I will try to post the data and plot it at some point. (The DLT150 showed a steady current of 2.5A except for the first 10s or so.) The battery was then allowed to sit with no load for one hour, during which VOC rose to 12.35V. The temperature range measured at the battery during all of this varied between 20C and 25C, going up with time due to heating from the run and the sun heating up the garage. So to estimate capacity:

start: 12.76V implies SOC=96%
end: 12.35V implies SOC=46.9%
measured capacity 5.03 Ah (shown on the DTL150, expected from current X time).
Gives estimated capacity as (100/49.1)*5.03 = 10.25 Ah

This battery has also been on a tester at Autozone which gave values close to that for the Viking tester.

So, why would the electronic testers be off by a factor of 4 from the capacity measured with a load at C/20 (ish)????

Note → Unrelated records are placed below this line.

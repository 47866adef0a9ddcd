ghost use Rattle.std.specs.Prelude.{◌≡◌, map};
ghost use Rattle.loc_base.specs.Bits.{width_of, value_of};
ghost use Rattle.word_net.specs.Fits.{NodeFits};
ghost use Rattle.word_net.specs.Given.{IsGiven, source_of};
ghost use Rattle.word_net.specs.Values.{operation_value};

use crate::arms::{
    Run, Stored, of_binary, of_blend, of_choice, of_is, of_pick, of_put, of_put_pick, of_unary,
    read,
};
use crate::cycle::{Cycle, nth};
use loc_base::Bits;
use plain_values::{repeated, resized};
use word_net::{Operation, WordNode};

/// The value of a node, where those of the nodes before it are known.
pub(crate) fn value(cycle: &Cycle, known: &[Bits], node: &WordNode) -> Bits
    requires fits { NodeFits (map width_of known.now) node.now }
    requires given { IsGiven (record { states = cycle.now.states.now; inputs = cycle.now.inputs.now; freed = cycle.now.freed.now; chosen = cycle.now.chosen.now }) node.now.width node.now.operation }
    ensures width { width_of result ≡ node.now.width }
    ensures value { value_of result ≡ operation_value
        (source_of (record { states = cycle.now.states.now; inputs = cycle.now.inputs.now; freed = cycle.now.freed.now; chosen = cycle.now.chosen.now }))
        (map value_of known.now) node.now.width node.now.operation }
{
    let width = node.width;
    match &node.operation {
        Operation::Const(word) => Bits::new(width, *word).unwrap(),
        Operation::Input(input) => nth(cycle.inputs, *input, width),
        Operation::State(state) => nth(cycle.states, *state, width),
        Operation::Free { place, computed } => {
            cycle.assigned(*place, read(known, *computed), width)
        }
        Operation::Unary { op, arg } => of_unary(known, *op, *arg),
        Operation::Binary { op, left, right } => of_binary(known, *op, *left, *right),
        Operation::Choose { cond, yes, no } => of_choice(known, *cond, *yes, *no),
        Operation::Join { high, low } => read(known, *high).join(read(known, *low)),
        Operation::Repeat { times, part } => repeated(*times, read(known, *part)),
        Operation::Resize(arg) => resized(read(known, *arg), arg.signed, width),
        Operation::Slice { word, from } => read(known, *word).part(*from, width),
        Operation::Pick { word, select } => of_pick(known, *word, select),
        Operation::Is { index, number } => of_is(known, *index, *number),
        Operation::Put {
            old,
            from,
            size,
            word,
            offset,
        } => {
            let run = Run {
                from: *from,
                size: *size,
            };
            let stored = Stored {
                word: *word,
                offset: *offset,
            };
            of_put(known, *old, run, stored)
        }
        Operation::PutPick {
            old,
            select,
            word,
            offset,
        } => {
            let stored = Stored {
                word: *word,
                offset: *offset,
            };
            of_put_pick(known, *old, select, stored)
        }
        Operation::Blend { mask, one, other } => of_blend(known, *mask, *one, *other),
    }
}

(The DTL150 did not come with any documentation whatsoever. I found a manual somewhere on line and extracted what I thought were the salient points. Attaching them here in case anybody else ever needs this information.)
 

Attachments

Finally got around to plotting the data from the discharge test. Note that there are a couple of places where the voltage actually goes up slightly during the discharge, which I suspect is due to temperature - a combination of heating inside the battery from the discharge itself and from the outside as the garage warmed up from the sun. The temperature shown was measured right in the center of the top of the battery with an IR thermometer. The discharge ends at 121 minutes and the two data points after that are the battery relaxing back to its (new) VOC. Note both the instant loss of about .44V over 30 seconds when the load is first applied, and then the loss of another .25V over about 40 minutes, then the much more shallow discharge curve that follows. I looked at a bunch of discharge curves online and didn't find one with a similar shape.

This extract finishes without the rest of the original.